On 30/09/2010 16:42, Paul Sladen wrote:
>> It's very unlikely that you'll encounter documents which contain
> U+F001/U+F002.
>
> I agree. I think this supports the idea that we shouldn't be shippings
> these legacy mappings; they're not being used, they're wrong/broken
> anyway and carrying them means that we're carrying baggage that isn't of
> useful relevance (15 years ago, today, or tomorrow).
>
> Hopefully we can sort the canonical (small 'c') mappings out later, but
> in the meantime could we remove the aliasing of fi and fl into the PUA.
> I can only see it causing us problems down the line through sustaining
> bad habits.
>

--
Malcolm Wooden, Font Production, Dalton Maag Ltd
Unit 107, 245A Coldharbour Lane, London, SW9 8RR, UK

A new contemporary serif font family: http://www.daltonmaag.com/cordale

Registered office: Mutfords, Hare Street, Buntingford, SG9 0ED, UK
Registered in England and Wales: 3103619

Alan Bell (alanbell) wrote :

I feel a user receiving a document that is pre-1993, pre-proofed and also set in the Ubuntu typeface would be hard to find :) That said, I take the point about the legacy mappings and I don't think the current situation is particularly harmful or an appreciable overhead. What I do think is an issue is that the Ubuntu font throws up warnings when opened with the font editor that is in Ubuntu. I think the resolution to this is either to modify the font such that the warnings are not triggered (remove the redundant glyphs) or we decide that the font is right to be compatible with what are now technically broken documents, and we file a bug against fontforge to get the warnings refined such that they don't trigger on this situation we deem to be correct.

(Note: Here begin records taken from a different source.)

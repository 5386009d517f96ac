// This file tests an explorer's copies: how many are kept, and how many commands are played.

use crate::tests::explorers::{Runs, explorer_of};
use crate::tests::shared::{
    ONE, OUT_OF_MEMORY, Row, TWO_OF_2, expect_rows, expect_same, loaded, plain_rules, rules, table,
};
use ptb_explore::{Asked, Explorer, OpenFault, Report};
use ptb_machine::{Ending, Line};
use ptb_text::Program;
use std::alloc::{AllocError, Global};
use std::test::Fail;

// What is expected of a run: its last answers, its steps, the copies that are kept then, and the
// steps played in all runs so far.
struct Run(&'static [i16], u32, usize, u64);

// A program without input, the bound for answers instead of lines, and its runs.
struct Explored(&'static str, Option<i16>, &'static [Run]);

// Whether so many copies are kept, and so many steps were played.
fn has_counts(explorer: &Explorer, kept: usize, played: u64) -> bool {
    (explorer.kept(), explorer.played()) == (kept, played)
}

// Whether these are the last answers of a list of questions.
fn ends_with(asked: &[Asked], last: &[i16]) -> bool {
    if last.len() > asked.len() {
        return false;
    }
    let from = asked.len() - last.len();
    for k in 0..last.len() {
        if asked[from + k].answer != last[k] {
            return false;
        }
    }
    true
}

// Whether the next run is this.
fn is_next(explorer: &mut Explorer, run: &Run) -> bool {
    let Run(last, steps, kept, played) = *run;
    let is_found = match explorer.next() {
        Ok(Some(report)) => ends_with(&report.asked, last) && report.steps == steps,
        _ => false,
    };
    is_found && has_counts(explorer, kept, played)
}

// Whether these are all runs from the beginning on. No copy is kept before them and after them.
fn are_all(explorer: &mut Explorer, runs: &[Run]) -> bool {
    let mut played = 0;
    if !has_counts(explorer, 0, 0) {
        return false;
    }
    for run in runs {
        if !is_next(explorer, run) {
            return false;
        }
        played = run.3;
    }
    matches!(explorer.next(), Ok(None)) && has_counts(explorer, 0, played)
}

impl Row<Global> for Explored {
    fn holds(&self, alloc: &Global) -> bool {
        let Explored(text, choose, runs) = *self;
        let Ok((program, lines)) = loaded(*alloc, text, "") else {
            return false;
        };
        match Explorer::start(*alloc, &program, &lines, rules(10000, choose)) {
            Ok(mut explorer) => are_all(&mut explorer, runs),
            Err(AllocError) => false,
        }
    }
}

const ONE_QUESTION: &str = "10 F.I=1TO200;A=I;N.I\n20 A=RND(3)";

const MANY_QUESTIONS: &str = "10 F.I=1TO69;A=RND(1);N.I\n20 A=RND(2),B=RND(2)";

const EXPLORED: &[Explored] = table! { Explored:
    // a question asked before no other command: nothing is played again but the run itself
    (ONE_QUESTION, None, &[Run(&[1], 402, 1, 402), Run(&[2], 402, 1, 804), Run(&[3], 402, 1, 1206)]),
    // more questions than copies: those with the fewest answers are dropped, and each run after the first
    // continues from the newest copy that has the answers before the raised one
    (MANY_QUESTIONS, None, &[
        Run(&[1, 1], 140, 64, 140), Run(&[1, 2], 140, 64, 142),
        Run(&[2, 1], 140, 64, 144), Run(&[2, 2], 140, 64, 146),
    ]),
    // an answer that stands in for a missing line is kept as any other: only what comes after it is played
    // again
    ("10 F.I=1TO100;A=I;N.I\n20 INPUT A\n30 INPUT B", Some(2), &[
        Run(&[1, 1], 203, 2, 203), Run(&[1, 2], 203, 2, 204),
        Run(&[2, 1], 203, 2, 407), Run(&[2, 2], 203, 2, 408),
    ]),
    // a run that takes more answers than the one before has one copy more
    ("10 A=RND(2);IF A=2 B=RND(2)", None, &[Run(&[1], 2, 1, 2), Run(&[2, 1], 3, 2, 5), Run(&[2, 2], 3, 2, 7)]),
};

#[test]
fn runs_and_their_copies(rt: HostRuntime) {
    expect_rows(&rt, "runs", &rt.alloc(), EXPLORED);
}

// What each run shows, and the steps played so far.
const SHOWN: &[(&str, u64)] = &[
    ("A:3\nB:4\n     1\nC:5\n     5\n", 4),
    ("A:3\nB:4\n     1\nC:5\n    10\n", 6),
    ("A:3\nB:4\n     2\nC:5\n     5\n", 10),
    ("A:3\nB:4\n     2\nC:5\n    10\n", 12),
];

// Whether the next run reaches its end and shows this, after so many steps played.
fn is_shown(explorer: &mut Explorer, shown: &str, played: u64) -> bool {
    let is_found = match explorer.next() {
        Ok(Some(report)) => {
            report.ending == Ending::End && report.transcript.as_slice() == shown.as_bytes()
        }
        _ => false,
    };
    is_found && explorer.played() == played
}

// A run that continues from a copy shows what was shown before, and takes the lines after those
// taken.
#[test]
fn lines_and_bytes_of_a_copy(rt: HostRuntime) -> Result<(), Fail> {
    let text = "10 INPUT A,B;P.RND(2);INPUT C;P.RND(2)*C";
    let (program, lines) = loaded(rt.alloc(), text, "3\n4\n5\n")?;
    let mut explorer = Explorer::start(rt.alloc(), &program, &lines, plain_rules(10000))?;
    for &(shown, played) in SHOWN {
        let found = is_shown(&mut explorer, shown, played);
        expect_same(&rt, shown, found, true);
    }
    Ok(())
}

// Whether a run took so many answers, these last, began so many commands, and shows nothing.
fn is_report(report: &Report, taken: usize, last: &[i16], steps: u32) -> bool {
    report.asked.len() == taken
        && ends_with(&report.asked, last)
        && report.ending == Ending::End
        && report.steps == steps
        && report.transcript.is_empty()
}

// Whether the next run took so many answers, the last of them these, and began so many commands. Where
// memory is refused no copy is kept, and the run is looked for once more.
fn is_next_in_two_calls(explorer: &mut Explorer, taken: usize, last: &[i16], steps: u32) -> bool {
    for _ in 0..2 {
        match explorer.next() {
            Ok(None) => return false,
            Ok(Some(report)) => return is_report(report, taken, last, steps),
            Err(AllocError) => {}
        }
        if explorer.kept() != 0 {
            return false;
        }
    }
    false
}

// Whether the next runs are these, and no others, identified by their last answers.
fn are_next(explorer: &mut Explorer, taken: usize, steps: u32, runs: &[&[i16]]) -> bool {
    for last in runs {
        if !is_next_in_two_calls(explorer, taken, last, steps) {
            return false;
        }
    }
    matches!(explorer.next(), Ok(None))
}

// Whether a program has these runs and no others; or there is no memory for its explorer.
fn has_runs_from(
    alloc: Global,
    program: &Program,
    lines: &[Line],
    taken: usize,
    steps: u32,
    runs: &[&[i16]],
) -> bool {
    match Explorer::start(alloc, program, lines, plain_rules(10000)) {
        Ok(mut explorer) => are_next(&mut explorer, taken, steps, runs),
        Err(AllocError) => true,
    }
}

// Whether a program has these runs and no others, identified by their last answers; or it has no
// memory.
fn has_runs(alloc: Global, text: &str, taken: usize, steps: u32, runs: &[&[i16]]) -> bool {
    match loaded(alloc, text, "") {
        Ok((program, lines)) => has_runs_from(alloc, &program, &lines, taken, steps, runs),
        Err(why) => why == OUT_OF_MEMORY,
    }
}

// Passes whichever of its allocations is refused: the runs are the same.
#[test]
fn refused_copies(rt: HostRuntime) {
    let one = has_runs(rt.alloc(), ONE_QUESTION, 1, 402, &[&[1], &[2], &[3]]);
    let pairs: &[&[i16]] = &[&[1, 1], &[1, 2], &[2, 1], &[2, 2]];
    let many = has_runs(rt.alloc(), MANY_QUESTIONS, 71, 140, pairs);
    expect_same(&rt, "has these runs", (one, many), (true, true));
}

// The third of many questions' runs, where only the second was played before.
const THIRD_RUN: Run = Run(&[2, 1], 140, 64, 142);

// Whether it comes after the second.
fn is_third_next(alloc: Global, program: &Program, lines: &[Line]) -> bool {
    let mut answers = [1; 71];
    answers[70] = 2;
    let runs = Runs::After(&answers);
    match explorer_of(alloc, program, lines, plain_rules(10000), runs) {
        Ok(mut explorer) => { has_counts(&explorer, 64, 140) && is_next(&mut explorer, &THIRD_RUN) }
        Err(_) => false,
    }
}

// After a run, too, the next one continues from a copy.
#[test]
fn after_a_run(rt: HostRuntime) -> Result<(), Fail> {
    let (program, lines) = loaded(rt.alloc(), MANY_QUESTIONS, "")?;
    let found = is_third_next(rt.alloc(), &program, &lines);
    expect_same(&rt, "the third run", found, true);
    Ok(())
}

// Which runs of two questions an explorer is opened for, and how many commands are played for that.
struct Opened(Runs<'static>, u64);

impl Opened {
    // Whether it has played so many, and keeps no copy where it is at no run.
    fn is_met(&self, explorer: &Explorer) -> bool {
        let Opened(runs, played) = *self;
        let is_at_a_run = !matches!(runs, Runs::All | Runs::Under(_));
        explorer.played() == played && (is_at_a_run || explorer.kept() == 0)
    }
}

impl Row<Global> for Opened {
    // It holds even if there is no memory.
    fn holds(&self, alloc: &Global) -> bool {
        let (program, lines) = match loaded(*alloc, "10 A=RND(2);B=RND(3)", "") {
            Ok(both) => both,
            Err(why) => return why == OUT_OF_MEMORY,
        };
        match explorer_of(*alloc, &program, &lines, plain_rules(10000), self.0) {
            Ok(explorer) => self.is_met(&explorer),
            Err(fault) => fault == OpenFault::Memory,
        }
    }
}

const OPENED: &[Opened] = table! { Opened:
    // for all runs nothing is played
    (Runs::All, 0),
    (Runs::Under(&[]), 0),
    (Runs::UnderAfter(&[], &[TWO_OF_2, ONE]), 2),
    (Runs::AfterMarked(&[TWO_OF_2, ONE]), 2),
    // one play shows that a run begins so, and another that the list is a run
    (Runs::Under(&[TWO_OF_2]), 2),
    (Runs::UnderAfter(&[TWO_OF_2], &[TWO_OF_2, ONE]), 4),
};

// Passes whichever of its allocations is refused: all of these runs exist, so that only memory can be
// missing.
#[test]
fn refused_openings(rt: HostRuntime) {
    expect_rows(&rt, "explorers", &rt.alloc(), OPENED);
}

Mark Shuttleworth (sabdfl) wrote :

It seems those warnings would be more appropriate in a "lint" function,
not on opening the font.

Mark

Khaled Hosny (khaledhosny) wrote :

For the record, here is a discussion about VDMX and hdmx tables in FontForge:

  https://sourceforge.net/mailarchive/forum.php?thread_name=20080408.081036.179722610.wl%40gnu.org& forum_name=fontforge-devel

If those are needed for Ubuntu font then someone have to add that support...

Khaled Hosny (khaledhosny) wrote :

> It seems those warnings would be more appropriate in a "lint" function,
> not on opening the font.

Since FontForge is a font editor rather than a mere viewer, I find it very valuable to make such warning very visible since it should be taken into consideration (wrong glyph names affects copying text in PDF readers, for example).